Required action
When a line of the records contains "compiler", copy it.

(Records Opens)

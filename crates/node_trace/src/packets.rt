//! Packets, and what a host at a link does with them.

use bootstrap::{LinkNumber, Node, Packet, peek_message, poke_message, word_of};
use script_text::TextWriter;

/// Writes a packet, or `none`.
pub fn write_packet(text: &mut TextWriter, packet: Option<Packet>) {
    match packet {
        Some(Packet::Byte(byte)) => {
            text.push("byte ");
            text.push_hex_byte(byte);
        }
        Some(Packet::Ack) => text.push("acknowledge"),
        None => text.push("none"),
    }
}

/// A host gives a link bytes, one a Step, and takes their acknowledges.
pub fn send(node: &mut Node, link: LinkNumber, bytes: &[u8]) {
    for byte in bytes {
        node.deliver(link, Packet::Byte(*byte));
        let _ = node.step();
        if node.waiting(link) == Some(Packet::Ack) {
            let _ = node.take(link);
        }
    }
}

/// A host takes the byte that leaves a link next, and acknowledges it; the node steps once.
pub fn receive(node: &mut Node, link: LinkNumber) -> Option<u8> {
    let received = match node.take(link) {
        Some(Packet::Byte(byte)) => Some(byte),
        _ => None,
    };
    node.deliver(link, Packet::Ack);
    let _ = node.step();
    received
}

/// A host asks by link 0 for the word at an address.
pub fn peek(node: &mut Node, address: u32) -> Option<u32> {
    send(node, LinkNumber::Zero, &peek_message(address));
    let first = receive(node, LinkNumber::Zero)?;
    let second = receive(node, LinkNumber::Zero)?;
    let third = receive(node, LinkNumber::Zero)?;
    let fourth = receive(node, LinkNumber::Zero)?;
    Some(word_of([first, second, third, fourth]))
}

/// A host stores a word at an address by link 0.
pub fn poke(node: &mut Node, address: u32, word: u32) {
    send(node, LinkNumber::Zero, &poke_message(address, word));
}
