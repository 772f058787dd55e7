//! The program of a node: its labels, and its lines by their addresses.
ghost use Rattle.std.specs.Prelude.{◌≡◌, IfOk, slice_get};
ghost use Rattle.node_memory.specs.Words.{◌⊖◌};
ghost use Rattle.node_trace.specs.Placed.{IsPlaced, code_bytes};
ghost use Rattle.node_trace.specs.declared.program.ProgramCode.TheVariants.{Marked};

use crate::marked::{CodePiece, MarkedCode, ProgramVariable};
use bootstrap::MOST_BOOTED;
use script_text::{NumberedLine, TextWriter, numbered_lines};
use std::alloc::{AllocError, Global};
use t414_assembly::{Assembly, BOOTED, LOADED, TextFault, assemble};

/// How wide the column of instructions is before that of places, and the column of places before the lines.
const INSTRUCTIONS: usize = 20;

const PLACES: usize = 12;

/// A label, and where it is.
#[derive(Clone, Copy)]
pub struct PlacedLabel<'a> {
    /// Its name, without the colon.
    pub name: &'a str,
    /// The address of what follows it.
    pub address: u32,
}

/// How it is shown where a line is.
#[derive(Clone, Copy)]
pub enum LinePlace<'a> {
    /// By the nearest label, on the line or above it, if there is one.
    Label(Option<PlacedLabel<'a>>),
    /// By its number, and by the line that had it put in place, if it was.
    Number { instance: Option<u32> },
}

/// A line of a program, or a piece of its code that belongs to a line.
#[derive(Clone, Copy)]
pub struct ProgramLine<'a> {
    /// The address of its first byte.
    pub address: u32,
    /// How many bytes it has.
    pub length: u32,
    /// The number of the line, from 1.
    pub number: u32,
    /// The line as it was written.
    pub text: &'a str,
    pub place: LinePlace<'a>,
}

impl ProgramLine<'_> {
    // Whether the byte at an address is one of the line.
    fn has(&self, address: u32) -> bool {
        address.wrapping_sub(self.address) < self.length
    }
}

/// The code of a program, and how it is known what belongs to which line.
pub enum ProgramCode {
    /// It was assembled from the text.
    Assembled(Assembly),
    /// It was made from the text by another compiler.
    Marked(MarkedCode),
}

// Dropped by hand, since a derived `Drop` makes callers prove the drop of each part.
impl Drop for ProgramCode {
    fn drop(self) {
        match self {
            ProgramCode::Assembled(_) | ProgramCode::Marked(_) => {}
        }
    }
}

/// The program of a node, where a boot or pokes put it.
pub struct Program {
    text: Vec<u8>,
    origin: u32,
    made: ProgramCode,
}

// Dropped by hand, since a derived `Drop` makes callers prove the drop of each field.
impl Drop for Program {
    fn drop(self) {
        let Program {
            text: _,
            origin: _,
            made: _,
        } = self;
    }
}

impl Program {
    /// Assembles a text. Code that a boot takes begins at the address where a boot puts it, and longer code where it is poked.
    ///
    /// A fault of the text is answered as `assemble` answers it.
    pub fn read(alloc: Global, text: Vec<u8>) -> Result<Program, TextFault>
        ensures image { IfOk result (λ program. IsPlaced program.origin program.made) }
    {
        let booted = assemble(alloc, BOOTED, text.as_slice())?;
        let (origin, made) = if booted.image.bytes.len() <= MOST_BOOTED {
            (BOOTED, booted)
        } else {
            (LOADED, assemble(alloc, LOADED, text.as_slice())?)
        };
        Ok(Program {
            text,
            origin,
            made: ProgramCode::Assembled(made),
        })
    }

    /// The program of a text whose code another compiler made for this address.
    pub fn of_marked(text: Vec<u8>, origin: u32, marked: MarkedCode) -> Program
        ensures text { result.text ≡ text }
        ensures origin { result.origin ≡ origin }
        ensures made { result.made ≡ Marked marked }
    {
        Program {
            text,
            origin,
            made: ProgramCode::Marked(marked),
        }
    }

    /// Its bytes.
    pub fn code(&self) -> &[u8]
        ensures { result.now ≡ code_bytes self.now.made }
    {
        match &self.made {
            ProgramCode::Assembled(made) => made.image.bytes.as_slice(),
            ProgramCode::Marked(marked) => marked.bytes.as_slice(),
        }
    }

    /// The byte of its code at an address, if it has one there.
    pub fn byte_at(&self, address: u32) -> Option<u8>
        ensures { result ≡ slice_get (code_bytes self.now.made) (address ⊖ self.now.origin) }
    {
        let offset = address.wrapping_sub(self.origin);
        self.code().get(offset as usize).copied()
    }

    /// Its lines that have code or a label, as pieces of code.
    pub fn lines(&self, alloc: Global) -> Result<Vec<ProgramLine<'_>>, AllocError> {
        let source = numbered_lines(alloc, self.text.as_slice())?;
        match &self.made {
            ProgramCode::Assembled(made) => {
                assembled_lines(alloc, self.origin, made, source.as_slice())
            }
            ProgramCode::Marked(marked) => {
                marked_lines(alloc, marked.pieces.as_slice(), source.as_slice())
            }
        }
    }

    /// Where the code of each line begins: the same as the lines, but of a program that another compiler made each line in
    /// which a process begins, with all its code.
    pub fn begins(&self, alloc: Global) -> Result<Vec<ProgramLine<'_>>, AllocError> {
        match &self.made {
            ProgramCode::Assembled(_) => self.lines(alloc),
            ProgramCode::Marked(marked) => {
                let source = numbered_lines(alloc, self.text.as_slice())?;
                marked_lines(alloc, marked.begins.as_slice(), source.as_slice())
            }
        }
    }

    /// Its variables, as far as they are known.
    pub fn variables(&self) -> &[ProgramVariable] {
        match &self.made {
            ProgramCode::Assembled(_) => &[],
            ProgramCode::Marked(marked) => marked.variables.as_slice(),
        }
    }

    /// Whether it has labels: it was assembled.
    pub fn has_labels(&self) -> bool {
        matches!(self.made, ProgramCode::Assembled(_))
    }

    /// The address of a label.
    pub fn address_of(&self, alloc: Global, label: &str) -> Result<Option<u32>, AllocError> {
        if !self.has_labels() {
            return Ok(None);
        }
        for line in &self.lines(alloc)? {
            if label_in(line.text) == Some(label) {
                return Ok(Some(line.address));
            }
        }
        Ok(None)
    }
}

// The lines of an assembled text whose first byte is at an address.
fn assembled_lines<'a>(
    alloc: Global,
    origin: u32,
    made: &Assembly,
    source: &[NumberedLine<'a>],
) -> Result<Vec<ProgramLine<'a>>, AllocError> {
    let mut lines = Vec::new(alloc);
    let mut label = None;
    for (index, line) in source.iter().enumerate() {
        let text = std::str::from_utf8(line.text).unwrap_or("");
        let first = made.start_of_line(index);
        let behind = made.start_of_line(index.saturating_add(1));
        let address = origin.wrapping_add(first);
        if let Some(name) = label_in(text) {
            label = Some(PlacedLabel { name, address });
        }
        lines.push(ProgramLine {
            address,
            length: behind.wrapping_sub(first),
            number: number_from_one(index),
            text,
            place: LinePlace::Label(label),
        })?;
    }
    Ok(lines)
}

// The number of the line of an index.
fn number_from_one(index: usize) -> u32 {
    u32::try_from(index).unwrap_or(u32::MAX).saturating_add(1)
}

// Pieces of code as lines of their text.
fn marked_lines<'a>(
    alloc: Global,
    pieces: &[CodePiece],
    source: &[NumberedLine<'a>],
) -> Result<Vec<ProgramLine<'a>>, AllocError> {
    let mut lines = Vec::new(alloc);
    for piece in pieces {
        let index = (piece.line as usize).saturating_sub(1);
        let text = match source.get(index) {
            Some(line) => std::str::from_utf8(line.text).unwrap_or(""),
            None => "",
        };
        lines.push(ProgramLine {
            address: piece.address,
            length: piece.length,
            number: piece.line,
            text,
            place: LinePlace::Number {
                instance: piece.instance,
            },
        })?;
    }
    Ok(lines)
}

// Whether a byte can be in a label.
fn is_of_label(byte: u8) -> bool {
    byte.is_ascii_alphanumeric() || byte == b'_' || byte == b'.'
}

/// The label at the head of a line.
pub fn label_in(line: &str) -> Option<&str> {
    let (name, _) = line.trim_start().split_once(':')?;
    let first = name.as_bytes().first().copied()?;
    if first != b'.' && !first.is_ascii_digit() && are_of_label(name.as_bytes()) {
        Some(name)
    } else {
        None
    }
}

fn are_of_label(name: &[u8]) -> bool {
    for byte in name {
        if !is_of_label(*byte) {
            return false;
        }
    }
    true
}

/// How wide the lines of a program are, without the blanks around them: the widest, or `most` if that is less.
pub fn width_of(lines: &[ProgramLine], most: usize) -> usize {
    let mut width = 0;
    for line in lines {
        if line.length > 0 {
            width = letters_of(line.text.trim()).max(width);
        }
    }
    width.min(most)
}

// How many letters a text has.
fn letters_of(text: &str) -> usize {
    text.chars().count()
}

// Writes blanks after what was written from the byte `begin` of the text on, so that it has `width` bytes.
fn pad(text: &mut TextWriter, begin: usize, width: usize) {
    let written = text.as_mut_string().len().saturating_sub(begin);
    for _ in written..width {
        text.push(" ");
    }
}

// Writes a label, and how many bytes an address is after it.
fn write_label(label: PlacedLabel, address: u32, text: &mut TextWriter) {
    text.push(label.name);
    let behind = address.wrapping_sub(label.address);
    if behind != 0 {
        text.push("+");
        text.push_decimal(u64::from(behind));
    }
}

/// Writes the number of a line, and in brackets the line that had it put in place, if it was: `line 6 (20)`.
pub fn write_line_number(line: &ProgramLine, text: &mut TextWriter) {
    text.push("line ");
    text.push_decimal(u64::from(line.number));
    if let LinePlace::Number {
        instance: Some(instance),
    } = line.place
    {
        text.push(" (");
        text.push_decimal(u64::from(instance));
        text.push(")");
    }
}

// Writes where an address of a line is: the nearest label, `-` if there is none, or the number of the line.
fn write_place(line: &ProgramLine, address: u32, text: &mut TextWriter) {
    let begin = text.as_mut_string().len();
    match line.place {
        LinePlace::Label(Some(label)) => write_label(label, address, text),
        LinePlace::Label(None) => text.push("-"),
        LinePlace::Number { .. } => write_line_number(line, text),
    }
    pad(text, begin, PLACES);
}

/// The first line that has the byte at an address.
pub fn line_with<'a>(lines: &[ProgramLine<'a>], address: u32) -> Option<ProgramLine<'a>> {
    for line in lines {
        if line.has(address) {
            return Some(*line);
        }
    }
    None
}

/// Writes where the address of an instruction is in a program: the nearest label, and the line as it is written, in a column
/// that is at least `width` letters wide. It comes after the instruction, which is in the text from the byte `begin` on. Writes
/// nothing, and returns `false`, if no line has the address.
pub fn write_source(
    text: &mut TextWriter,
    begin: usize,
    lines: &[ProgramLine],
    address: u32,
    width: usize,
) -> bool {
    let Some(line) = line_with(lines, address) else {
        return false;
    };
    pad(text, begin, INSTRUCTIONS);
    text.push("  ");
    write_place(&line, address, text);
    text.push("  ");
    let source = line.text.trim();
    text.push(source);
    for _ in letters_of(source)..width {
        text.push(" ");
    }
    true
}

(Records Closes)

Solution to this problem
    /// It was made from the text by another compiler.
    /// The program of a text whose code another compiler made for this address.
    /// Where the code of each line begins: the same as the lines, but of a program that another compiler made each line in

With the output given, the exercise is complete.